What does your boy Charlie look like ? Just trying to picture what her kids will look like 
Very exciting time for you , enjoy the wait and maybe re read the doe code of honor , lol...
We will be here for you when your ready to pull your hair out from loss of sleep from hourly barn checks ..........oh the joy


----------



## gegegoatgirl2698 (Feb 1, 2014)

Thank you.
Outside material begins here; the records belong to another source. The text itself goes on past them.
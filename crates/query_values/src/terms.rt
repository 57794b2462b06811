//! What tokens stand for: terms.
ghost use Rattle.std.specs.Prelude.{◌≡◌, ◌≢◌, ◌++◌, IfOk, OnOk, codes, string_bytes};
ghost use Rattle.std.specs.Str.{chars, encode_utf8_all};
ghost use Rattle.bm_term.specs.Canonical.{iri as iri_with, typed, xsd_string, canonical_text};
ghost use Rattle.rdf_text.specs.Spelling.{escaped};
ghost use Rattle.query_tokens.specs.Token.{shown};
ghost use Rattle.query_tokens.specs.declared.token.TokenKind.TheVariants as kinds;
ghost use Rattle.query_values.specs.reading.Values.{IsSpelled, AreIriChars, between_marks, lexical_of, tag_of, number_type, plain_literal, tagged_literal, typed_literal, number_literal, boolean_literal, type_iri};

use crate::values::{after_first, text_of};
use bm_term::{Term, is_xsd_string};
use query_tokens::{Token, TokenKind};
use rdf_escapes::push_string_pieces;
use rdf_text::{push_lower, push_spelling, split_char};
use std::alloc::{AllocError, Global};

const XSD_BOOLEAN: &str = "http://www.w3.org/2001/XMLSchema#boolean";

const RDF_TYPE: &str = "http://www.w3.org/1999/02/22-rdf-syntax-ns#type";

/// The term of an IRI, all whose characters may stand in one (`IRICHAR`). `Err` only where memory runs
/// out.
pub fn iri_term(alloc: Global, iri: &str) -> Result<Term, AllocError>
    requires { AreIriChars (chars iri.now) }
    ensures { IfOk result (λ term. term ≡ canonical_text (iri_with (chars iri.now))) }
{
    let mut text = String::new(alloc);
    push_iri(&mut text, iri)?;
    Ok(Term::from_canonical(text.into_bytes()))
}

/// What the word `a` stands for: rdf:type. `Err` only where memory runs out.
pub fn type_term(alloc: Global) -> Result<Term, AllocError>
    ensures { IfOk result (λ term. term ≡ canonical_text type_iri) }
{
    iri_term(alloc, RDF_TYPE)
}

/// The literal of a string alone. The token is one that `tokens` gave and is not `Bad`; of one of another
/// kind than `Quoted` nothing useful is answered. `Err` only where memory runs out.
pub fn plain_term(alloc: Global, string: Token<'_>) -> Result<Term, AllocError>
    requires { IsSpelled (shown string) }
    ensures { IfOk result (λ term. term ≡ canonical_text (plain_literal (shown string.entry))) }
{
    let mut text = String::new(alloc);
    push_quoted(&mut text, string)?;
    Ok(Term::from_canonical(text.into_bytes()))
}

/// The literal of a string with a language tag, which is put in lower case. The string is as for
/// `plain_term`, and the other token is a `Tag` that `tokens` gave. `Err` only where memory runs out.
pub fn tagged_term(alloc: Global, string: Token<'_>, tag: Token<'_>) -> Result<Term, AllocError>
    requires string { IsSpelled (shown string) }
    requires tag { IsSpelled (shown tag) }
    requires kind { tag.kind ≡ kinds.Tag }
    ensures { IfOk result (λ term. term ≡ canonical_text (tagged_literal (shown string.entry) (shown tag.entry))) }
{
    let mut text = String::new(alloc);
    push_quoted(&mut text, string)?;
    text.push('@')?;
    push_lower(&mut text, after_first(text_of(tag)))?;
    Ok(Term::from_canonical(text.into_bytes()))
}

/// The literal of a string with the IRI of a datatype. One of xsd:string is the literal of the string
/// alone. The string is as for `plain_term`, and all characters of the datatype may stand in an IRI
/// (`IRICHAR`). `Err` only where memory runs out.
#[tactic(auto, unfolding(bm_term::specs::Canonical::literal_of))]
pub fn typed_term(alloc: Global, string: Token<'_>, datatype: &str) -> Result<Term, AllocError>
    requires string { IsSpelled (shown string) }
    requires datatype { AreIriChars (chars datatype.now) }
    ensures { IfOk result (λ term. term ≡ canonical_text (typed_literal (shown string.entry) (chars datatype.now))) }
{
    if is_xsd_string(datatype) {
        return plain_term(alloc, string);
    }
    let mut text = String::new(alloc);
    push_quoted(&mut text, string)?;
    push_datatype(&mut text, datatype)?;
    Ok(Term::from_canonical(text.into_bytes()))
}

/// The literal of a number: its text, with the datatype of its kind. The token is one that `tokens` gave
/// and is not `Bad`; of one that is no number nothing useful is answered. `Err` only where memory runs
/// out.
pub fn number_term(alloc: Global, token: Token<'_>) -> Result<Term, AllocError>
    requires { IsSpelled (shown token) }
    ensures { IfOk result (λ term. term ≡ canonical_text (number_literal (shown token.entry))) }
{
    literal_term(alloc, text_of(token), number_type(token.kind))
}

/// The literal of `true` or `false`, in lower case. The token is one that `tokens` gave and is not `Bad`;
/// of one that is no such word nothing useful is answered. `Err` only where memory runs out.
pub fn boolean_term(alloc: Global, token: Token<'_>) -> Result<Term, AllocError>
    requires { IsSpelled (shown token) }
    ensures { IfOk result (λ term. term ≡ canonical_text (boolean_literal (shown token.entry))) }
{
    let mut lexical = String::new(alloc);
    push_lower(&mut lexical, text_of(token))?;
    literal_term(alloc, lexical.as_str(), XSD_BOOLEAN)
}

/// The IRI of a number's datatype.
#[tactic(auto, unfolding(crate::specs::reading::Values::number_type))]
fn number_type(kind: TokenKind) -> &'static str
    ensures { result.now ≡ number_type kind }
{
    match kind {
        TokenKind::Integer => "http://www.w3.org/2001/XMLSchema#integer",
        TokenKind::Decimal => "http://www.w3.org/2001/XMLSchema#decimal",
        _ => "http://www.w3.org/2001/XMLSchema#double",
    }
}

/// The literal of a lexical form and a datatype that is not xsd:string.
fn literal_term(alloc: Global, lexical: &str, datatype: &str) -> Result<Term, AllocError>
    requires characters { AreIriChars (chars datatype.now) }
    requires other { chars datatype.now ≢ xsd_string }
    ensures { IfOk result (λ term. term ≡ canonical_text (typed (chars lexical.now) (chars datatype.now))) }
{
    let mut text = String::new(alloc);
    text.push('"')?;
    push_escaped(&mut text, lexical)?;
    text.push('"')?;
    push_datatype(&mut text, datatype)?;
    Ok(Term::from_canonical(text.into_bytes()))
}

/// Writes an IRI in brackets.
fn push_iri(out: &mut String, iri: &str) -> Result<(), AllocError>
    ensures { OnOk result (string_bytes out.new ≡ string_bytes out.old ++ canonical_text (iri_with (chars iri.now))) }
{
    out.push('<')?;
    out.push_str(iri)?;
    out.push('>')
}

/// Writes a datatype, with the mark before it.
fn push_datatype(out: &mut String, datatype: &str) -> Result<(), AllocError>
    ensures { OnOk result (string_bytes out.new ≡ string_bytes out.old ++ codes "^^" ++ canonical_text (iri_with (chars datatype.now))) }
{
    out.push_str("^^")?;
    push_iri(out, datatype)
}

/// Writes the lexical form of a string between quotation marks.
#[tactic(auto, unfolding(crate::specs::reading::Values::lexical_of))]
fn push_quoted(out: &mut String, string: Token<'_>) -> Result<(), AllocError>
    requires { IsSpelled (shown string) }
    ensures { OnOk result (string_bytes out.new ≡ string_bytes out.old ++ canonical_text (plain_literal (shown string.entry))) }
{
    out.push('"')?;
    push_between_marks(out, text_of(string))?;
    out.push('"')
}

fn push_between_marks(out: &mut String, text: &str) -> Result<(), AllocError>
    ensures { OnOk result (string_bytes out.new ≡ string_bytes out.old ++ encode_utf8_all (escaped (between_marks (chars text.now)))) }
{
    match split_char(text) {
        Some((mark, body)) => push_string_pieces(out, mark, body),
        None => Ok(()),
    }
}

/// Writes the characters of a text, each in its one spelling in a literal.
fn push_escaped(out: &mut String, text: &str) -> Result<(), AllocError>
    ensures { OnOk result (string_bytes out.new ≡ string_bytes out.old ++ encode_utf8_all (escaped (chars text.now))) }
{
    let mut rest = text;
    while let Some((c, after)) = split_char(rest) {
        push_spelling(out, c)?;
        rest = after;
    }
    Ok(())
}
Twins sound wonderful


----------



## gegegoatgirl2698 (Feb 1, 2014)

Lol. I will try to prevent some craziness by having a barn cam set up. I will touch up on the doe code. (; Charlie is a black and white paint with blue eyes


----------



## gegegoatgirl2698 (Feb 1, 2014)

Charlie and Sweetheart the day she was bred.


----------



## gegegoatgirl2698 (Feb 1, 2014)

she was so not pregnant


----------



## Trickyroo (Sep 26, 2012)

Nice boy ! Your going to have some beautiful babies  Thanks for sharing the pictures !
Barn cams are invaluable during kidding season ! If you can , definitely get yourself one , you will save on miles of going back and forth checking on her , lol...


----------



## gegegoatgirl2698 (Feb 1, 2014)

I have one it's just we took it down for off season so nothing happened. It was good we did cause we had a fire. I just have to convince my dad to hook it back up now


----------



## gegegoatgirl2698 (Feb 1, 2014)

New pics from today


----------



## Trickyroo (Sep 26, 2012)

She's getting big , lol.. you have a very nice set up there btw


----------



## gegegoatgirl2698 (Feb 1, 2014)

Thank you. It used to be our hay shed when we had 10 head of cattle, 3 horses, 15 goats, and 20 sheep. We needed a lot of hay. Now it is just me showing so we have cut way back.


----------



## gegegoatgirl2698 (Feb 1, 2014)

We just got home from state fair... and glad we are too be home. Sweetheart has really bagged up and dilated over the past few days and I will have to get some better pics tomorrow. Here we are showing... 3rd and 4th place in the shows. I figure that's not half bad for a dry doe.


----------



## gegegoatgirl2698 (Feb 1, 2014)

Here are some pics from today. Major development of udder in the past few days, dialation, and she has really sunk in. She is more dialated than some of my does were at the beginning of their labor


----------



## gegegoatgirl2698 (Feb 1, 2014)

More bagged up today. Only 11 days until day 145. She is grumpy! Maybe it was the weather (it's been yucky chilly and rainy) or just the babies kicking her. Sorry for the bad pics. She was not cooperative.


----------



## gegegoatgirl2698 (Feb 1, 2014)

Update on Sweetheart. She is due Nov 5 I can't believe thats only 6 days! I went ahead and gave her a kidding clip and shaved her udder.


----------



## gegegoatgirl2698 (Feb 1, 2014)




----------



## toth boer goats (Jul 20, 2008)

She is coming along nicely, happy kidding.


----------



## gegegoatgirl2698 (Feb 1, 2014)

Thank you! She is due Thursday but I want her to wait until friday around 4pm when i get home from school. Lol


----------



## toth boer goats (Jul 20, 2008)

Good luck, goats can be brats and not kid when we want them to. I hope she will wait.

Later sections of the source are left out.